# Insulation in vaulted ceiling help please!!!!



## pri6175 (Jan 21, 2012)

Ok so we built a 2 room addition on my parents trailer and I need some advice from you knowledgeable people out there and I need it bad! I will put pictures up so you guys know what Im talking about. Heres the situation.

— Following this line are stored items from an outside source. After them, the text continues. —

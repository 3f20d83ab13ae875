// The undo: what is kept of changes, in the order in which they were made.

ghost use Rattle.std.specs.Prelude.{◌≡◌, ◌<◌, ◌≤◌, ◌+◌, ◌++◌, ◌∷◌, [], length, slice_get, Some, IsOk, OnOk, IsTrue, ◌↔◌};
ghost use Rattle.std.specs.Option.{option_map};
ghost use Rattle.sect_space.specs.Back.{mark_of};

use crate::back::{Back, Mark};
use sect_base::{Day, Memory, OfferingId, StudentId};
use std::alloc::Global;
use std::marker::Model;

/// What is kept of changes so that they can be taken back, the last one first. Contracts see it as that list, with its room.
pub struct Undo {
    backs: Vec<Back>,
}

/// It is written out, so that a caller does not prove again how each part is dropped.
impl Drop for Undo {
    fn drop(self) {
        let Undo { backs: _ } = self;
    }
}

impl Model for Undo {
    ghost use Rattle.std.specs.Prelude.{◌-◌};
    ghost use Rattle.std.specs.Vec.{vec_len, vec_capacity};
    ghost use Rattle.sect_space.specs.Recorded.{Recorded};

    ghost Value = { Recorded };

    ghost view = { λ u. record { backs = u.backs.items; spare = vec_capacity u.backs - vec_len u.backs } };
}

impl Undo {
    /// No changes. It takes no memory.
    pub fn empty(alloc: Global) -> Undo
        ensures { result.backs ≡ [] }
    {
        Undo {
            backs: Vec::new(alloc),
        }
    }

    /// Forgets the changes, and keeps their room. It takes no memory.
    pub fn clear(&mut self)
        ensures backs { self.new.backs ≡ [] }
        ensures spare { self.new.spare ≡ self.old.spare + length self.old.backs }
    {
        self.backs.clear();
    }

    /// How many changes are recorded. It takes no memory.
    pub fn len(&self) -> usize
        ensures { result ≡ length self.now.backs }
    {
        self.backs.len()
    }

    /// Whether no change is recorded. It takes no memory.
    pub fn is_empty(&self) -> bool
        ensures { IsTrue result ↔ (self.now.backs ≡ []) }
    {
        self.backs.is_empty()
    }

    /// What a recorded change concerns, the first one being number 0. It takes no memory.
    pub fn mark(&self, i: usize) -> Mark
        requires { i < length self.now.backs }
        ensures { Some result ≡ option_map mark_of (slice_get self.now.backs i) }
    {
        match self.backs.get(i) {
            Some(back) => mark(back),
            None => unreachable!(),
        }
    }

    /// Makes room for so many changes more. The changes stay.
    pub fn reserve(&mut self, n: usize) -> Result<(), Memory>
        ensures backs { self.new.backs ≡ self.old.backs }
        ensures room { OnOk result (n ≤ self.new.spare) }
        ensures grows { self.old.spare ≤ self.new.spare }
        ensures enough { n ≤ self.old.spare → IsOk result }
    {
        self.backs.reserve(n)?;
        Ok(())
    }

    /// Records a change, where there is room. It takes no memory.
    pub fn push(&mut self, back: Back)
        requires { 0 < self.old.spare }
        ensures backs { self.new.backs ≡ self.old.backs ++ back ∷ [] }
        ensures spare { self.new.spare + 1 ≡ self.old.spare }
    {
        self.backs.push_reserved(back);
    }

    /// Takes the last recorded change out. There is one. It takes no memory.
    pub fn pop(&mut self) -> Back
        requires { 0 < length self.old.backs }
        ensures backs { self.old.backs ≡ self.new.backs ++ result ∷ [] }
        ensures spare { self.new.spare ≡ self.old.spare + 1 }
    {
        match self.backs.pop() {
            Some(back) => back,
            None => unreachable!(),
        }
    }
}

/// What a change concerns.
fn mark(back: &Back) -> Mark
    ensures { result ≡ mark_of back.now }
{
    match back {
        Back::OfferingAdded(id) => of_offering(Some(*id)),
        Back::StudentAdded(id) => of_student(*id),
        Back::StudentReplaced(row) => of_student(row.id),
        Back::RequestsReplaced(student, _) => of_student(*student),
        Back::ReservationAdded(_, offering) => of_offering(Some(*offering)),
        Back::ReservationRemoved(_, row) => of_offering(Some(row.offering)),
        Back::ExpiryReplaced(_, offering, _) => of_offering(*offering),
        Back::RestrictionAdded(_, offering) => of_offering(Some(*offering)),
        Back::RestrictionRemoved(_, row) => of_offering(Some(row.offering)),
        Back::LimitReplaced(_, offering, _) => of_offering(*offering),
        Back::SectionCancelled(_, offering) => of_offering(*offering),
        Back::DayReplaced(old, new) => of_days(*old, *new),
        Back::Enrolled(student, offering) => of_both(*student, *offering),
        Back::Left(_, enrolment, offering) => of_both(enrolment.student, *offering),
    }
}

/// The mark of a change that concerns a student alone.
fn of_student(student: StudentId) -> Mark
    ensures { result ≡ record { student = Some student; offering = None; days = None } }
{
    Mark {
        student: Some(student),
        offering: None,
        days: None,
    }
}

/// The mark of a change that concerns an offering alone, or nothing where there is none.
fn of_offering(offering: Option<OfferingId>) -> Mark
    ensures { result ≡ record { student = None; offering = offering; days = None } }
{
    Mark {
        student: None,
        offering,
        days: None,
    }
}

/// The mark of a change that concerns a student, and an offering where there is one.
fn of_both(student: StudentId, offering: Option<OfferingId>) -> Mark
    ensures { result ≡ record { student = Some student; offering = offering; days = None } }
{
    Mark {
        student: Some(student),
        offering,
        days: None,
    }
}

/// The mark of a change from the old day to the new one.
fn of_days(old: Day, new: Day) -> Mark
    ensures { result ≡ record { student = None; offering = None; days = Some (old, new) } }
{
    Mark {
        student: None,
        offering: None,
        days: Some((old, new)),
    }
}
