// Changes of the roster, and of the day.

ghost use Rattle.std.specs.Prelude.{◌≡◌, ◌<◌, ◌≤◌, IfOk, IsOk, OnErr};
ghost use Rattle.sect_model.specs.Fits.{Fits};
ghost use Rattle.sect_model.specs.Kept.{KeptWorld};
ghost use Rattle.sect_model.specs.World.{insert_enrolment};
ghost use Rattle.sect_space.specs.Made.{Made, Unchanged, Taken, Ready};
ghost use Rattle.sect_roster.specs.Rostered.{number_held, put_among};
ghost use Rattle.sect_space.specs.Parts.{roomed_of};
ghost use Rattle.sect_space.specs.Room.{free_for};

use crate::back::Back;
use crate::parts::Parts;
use sect_base::{CourseId, Day, Memory, OfferingId, StudentId};
use sect_model::{Change, Enrolment};

impl Parts {
    /// Enrols a student, and hands back the offering. Where memory runs out, nothing is changed; it takes none where there is
    /// room.
    pub fn enrol(&mut self, enrolment: &Enrolment) -> Result<Option<OfferingId>, Memory>
        ensures ok { IfOk result (λ offering. Made (roomed_of self.old) (roomed_of self.new) (Change.Enrol enrolment.now) (Back.Enrolled enrolment.now.student offering)) }
        ensures err { OnErr result (Unchanged (roomed_of self.old) (roomed_of self.new)) }
        ensures enough { 0 < free_for (roomed_of self.old) enrolment.now.student.0 → IsOk result }
    {
        let offering = self.course_offering(enrolment.choice.course);
        self.roster.push(*enrolment)?;
        Ok(offering)
    }

    /// Takes the last enrolment of the student off. There is one.
    pub fn remove_enrolment(
        &mut self,
        student: StudentId,
        offering: Option<OfferingId>,
    ) -> Enrolment
        requires { Ready (roomed_of self.old) (Back.Enrolled student offering) }
        ensures taken { Taken (roomed_of self.old) (roomed_of self.new) (Back.Enrolled student offering) }
        ensures last { (roomed_of self.old).world.roster ≡ insert_enrolment result (roomed_of self.new).world.roster }
    {
        let _ = offering;
        self.roster.remove_last_of(student)
    }

    /// The student leaves the course: the place among its own, the enrolment, and its offering. It takes no memory.
    pub fn leave(
        &mut self,
        student: StudentId,
        course: CourseId,
    ) -> (usize, Enrolment, Option<OfferingId>)
        requires kept { KeptWorld (roomed_of self.old).world }
        requires fits { Fits (roomed_of self.old).world (Change.Leave student course) }
        ensures made { Made (roomed_of self.old) (roomed_of self.new) (Change.Leave student course) (Back.Left result.0 result.1 result.2) }
        ensures within { result.0 ≤ number_held result.1.student.0 (roomed_of self.new).world.roster }
        ensures last { (roomed_of self.old).world.roster ≡ put_among result.0 result.1 (roomed_of self.new).world.roster }
    {
        let offering = self.course_offering(course);
        let (place, enrolment) = self.roster.remove(student, course);
        (place, enrolment, offering)
    }

    /// Puts an enrolment back where it stood. There is room.
    pub fn put_enrolment_back(
        &mut self,
        place: usize,
        enrolment: Enrolment,
        offering: Option<OfferingId>,
    )
        requires { Ready (roomed_of self.old) (Back.Left place enrolment offering) }
        ensures { Taken (roomed_of self.old) (roomed_of self.new) (Back.Left place enrolment offering) }
    {
        let _ = offering;
        self.roster.put_back(place, enrolment);
    }

    /// Another day. It takes no memory.
    pub fn put_day(&mut self, day: Day) -> Back
        ensures { Made (roomed_of self.old) (roomed_of self.new) (Change.Day day) result }
    {
        let old = self.day;
        self.day = day;
        Back::DayReplaced(old, day)
    }

    /// The old day again.
    pub fn restore_day(&mut self, old: Day, new: Day)
        ensures { Taken (roomed_of self.old) (roomed_of self.new) (Back.DayReplaced old new) }
    {
        let _ = new;
        self.day = old;
    }
}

I have a 15ft x 30ft addition connected to a trailer with 1ft. overhang all the way around. The framing is all done and we are trying to start insulating. The Ceilings are where all my questions are. I have a 10ft. ridge vent installed in the center of the roof. We will have vaulted ceilings so I installed some of the rafter vents. I ran them all the way up from eaves to ridge vent. My 1st question/problem 

#1. what do I do between the rafters that have no ridge vent at the top? do i run vents up through there anyway? I was thinking if I did that then the moisture would just get trapped in there. So I came here because I don't want to do it wrong. Do I just close those up? then there would only be ventilation between the 8 center rafters. see rafter vents.jpg That would mean that I have 2 rafters on each outer end without vents and the 8 in the middle have vents that run all the way up to the ridge vent.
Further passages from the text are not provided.